Monday, June 25, 2012

Your Statutory Right to Name a Guardian for Your Children

California gives parents the statutory right to name a guardian for their children.  If no guardian is named in your will or other estate planning documnts, and tragedy strikes, it will be up to the Court to decide who will raise your children.  The Court may appoint someone that you would not have chosen yourself.

This issue is especially important when dealing with international families, i.e., parents who are non-citizens of the United States, or who hold dual citizenships, or whose closest family members do not live in the United States.  In some states, the Court will not name as guardian a person who is not a citizen of the United States.  

Courts are reluctant to lose jurisdiction over children in their courtrooms because they want to ensure their safety and care.  This may be a problem if you wish your children to return to their/your country of origin.  If your child is a citizen of the United States, but not a citizen of your country of origin, a court may be reluctant to grant guardianship to someone who will remove the child from the United States.  

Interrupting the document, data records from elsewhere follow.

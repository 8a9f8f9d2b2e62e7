//! Lines that ask something of the program that they stand in.

ghost use Rattle.std.specs.Prelude.{◌≡◌, ◌++◌, ◌&&◌, IfOk, MatchOption, None, OnOk, Some, bytes_eq, codes, map};
ghost use Rattle.std.specs.List.{slice_split};
ghost use Rattle.questions.specs.Questions.{asking, is_blank, lines_of, one_of_line, questions_of, words_of};
ghost use Rattle.questions.specs.inner.Found.{pair_of, pairs_of};

use std::alloc::{AllocError, Global};

/// A question: a line that asks something, and its words.
#[derive(Debug, Drop)]
pub struct Question<'t> {
    /// The number of the line, from 1.
    pub line: usize,
    /// The column of `//`, from 1.
    pub column: usize,
    /// The words behind `// txc:`.
    pub words: Vec<&'t [u8]>,
}

/// Whether a byte parts words.
fn is_blank(byte: u8) -> bool
    ensures { result ≡ is_blank byte }
{
    byte == b' ' || byte == b'\t' || byte == b'\r'
}

/// The parts of a line between blanks, of which some may be empty.
fn parts<'t>(alloc: Global, line: &'t [u8]) -> Result<Vec<&'t [u8]>, AllocError>
    ensures { IfOk result (λ v. map (λ p. p.now) v.items ≡ slice_split is_blank line.now) }
{
    line.split(|byte| is_blank(*byte)).collect(alloc)
}

/// The words of a line.
fn words<'t>(alloc: Global, line: &'t [u8]) -> Result<Vec<&'t [u8]>, AllocError>
    ensures { IfOk result (λ v. map (λ p. p.now) v.items ≡ words_of line.now) }
{
    let parts = parts(alloc, line)?;
    let mut words = Vec::new(alloc);
    'parts: for part in parts.as_slice() {
        if !part.is_empty() {
            words.push(*part)?;
        }
    }
    Ok(words)
}

/// The lines of a text.
pub(crate) fn lines<'t>(alloc: Global, text: &'t [u8]) -> Result<Vec<&'t [u8]>, AllocError>
    ensures { IfOk result (λ v. map (λ p. p.now) v.items ≡ lines_of text.now) }
{
    text.split(|byte| *byte == b'\n').collect(alloc)
}

/// Whether two words begin a question.
fn begin_question(first: &[u8], second: &[u8]) -> bool
    ensures { result ≡ (bytes_eq first.now (codes "//") && bytes_eq second.now (codes "txc:")) }
{
    first == b"//".as_slice() && second == b"txc:".as_slice()
}

/// What the words of a line ask, if they ask something.
fn asked<'t>(alloc: Global, words: &[&'t [u8]]) -> Result<Option<Vec<&'t [u8]>>, AllocError>
    ensures { IfOk result (λ o. MatchOption o (asking (map (λ p. p.now) words.now) ≡ None)
        (λ v. asking (map (λ p. p.now) words.now) ≡ Some (map (λ p. p.now) v.items))) }
{
    let [first, second, rest @ ..] = words else {
        return Ok(None);
    };
    if !begin_question(*first, *second) {
        return Ok(None);
    }
    let mut asked = Vec::new(alloc);
    asked.extend_from_slice(rest)?;
    Ok(Some(asked))
}

/// The column in which a line's first word begins, from 1.
fn column(line: &[u8]) -> usize {
    line.iter().take_while(|byte| is_blank(**byte)).count() + 1
}

/// The question that a line is, if it is one.
pub(crate) fn question_of<'t>(
    alloc: Global,
    number: usize,
    line: &'t [u8],
) -> Result<Option<Question<'t>>, AllocError>
    ensures { IfOk result (λ o. pairs_of o ≡ one_of_line number (asking (words_of line.now))) }
{
    let words = words(alloc, line)?;
    match asked(alloc, words.as_slice())? {
        Some(words) => Ok(Some(Question {
            line: number,
            column: column(line),
            words,
        })),
        None => Ok(None),
    }
}

/// Adds a question, if there is one.
fn add<'t>(questions: &mut Vec<Question<'t>>, found: Option<Question<'t>>) -> Result<(), AllocError>
    ensures { OnOk result (map pair_of questions.new.items ≡ map pair_of questions.old.items ++ pairs_of found.entry) }
{
    if let Some(question) = found {
        questions.push(question)?;
    }
    Ok(())
}

/// The questions of a source, in the order of its lines.
pub fn questions<'t>(alloc: Global, text: &'t [u8]) -> Result<Vec<Question<'t>>, AllocError>
    ensures { IfOk result (λ v. map (λ q. (q.line, map (λ w. w.now) q.words.items)) v.items ≡ questions_of text.now) }
{
    let lines = lines(alloc, text)?;
    let mut questions = Vec::new(alloc);
    let mut number = 0;
    'lines: for line in lines.as_slice() {
        number += 1;
        let found = question_of(alloc, number, *line)?;
        add(&mut questions, found)?;
    }
    Ok(questions)
}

Even if your child is a U.S. citizen, you should apply on behalf of your child for dual citizenship in your home country.  This will indicate your wish that your child have a connection to your home country.  If you wish that your child live in the U.S., but you name a non-citizen guardian, it is highly unlikely that the non-citizen guardian will be permitted to remain in the United States on this basis alone.  Parents should name a legal resident of the United States, or a person who would could emigrate or other reasons other than the guardianship of your children.

 


Monday, June 4, 2012

Advance Directives or Living Wills: Essential Documents for Everyone

Do I Really Need Advance Directives for Health Care?

Many people are confused by advance directives. They are unsure what type of directives are out there, and whether they even need directives at all, especially if they are young. There are several types of advance directives. One is a living will, which communicates what type of life support and medical treatments, such as ventilators or a feeding tube, you wish to receive. Another type is called a health care power of attorney. In a health care power of attorney, you give someone the power to make health care decisions for you in the event are unable to do so for yourself. A third type of advance directive for health care is a do not resuscitate order. A DNR order is a request that you not receive CPR if your heart stops beating or you stop breathing. Depending on the laws in your state, the health care form you execute could include all three types of health care directives, or you may do each individually.

If you are 18 or over, it’s time to establish your health care directives. Although no one thinks they will be in a medical situation requiring a directive at such a young age, it happens every day in the United States. People of all ages are involved in tragic accidents that couldn’t be foreseen and could result in life support being used. If you plan in advance, you can make sure you receive the type of medical care you wish, and you can avoid a lot of heartache to your family, who may be forced to guess what you would want done.

Many people do not want to do health care directives because they may believe some of the common misperceptions that exist about them. People are often frightened to name someone to make health care decisions for them, because they fear they will give up the right to make decisions for themselves. However, an individual always has the right, if he or she is competent, to revoke the directive or make his or her own decisions.  Some also fear they will not be treated if they have a health care directive. This is also a common myth – the directive simply informs caregivers of the person you designate to make health care decisions and the type of treatment you’d like to receive in various situations.  Planning ahead can ensure that your treatment preferences are carried out while providing some peace of mind to your loved ones who are in a position to direct them.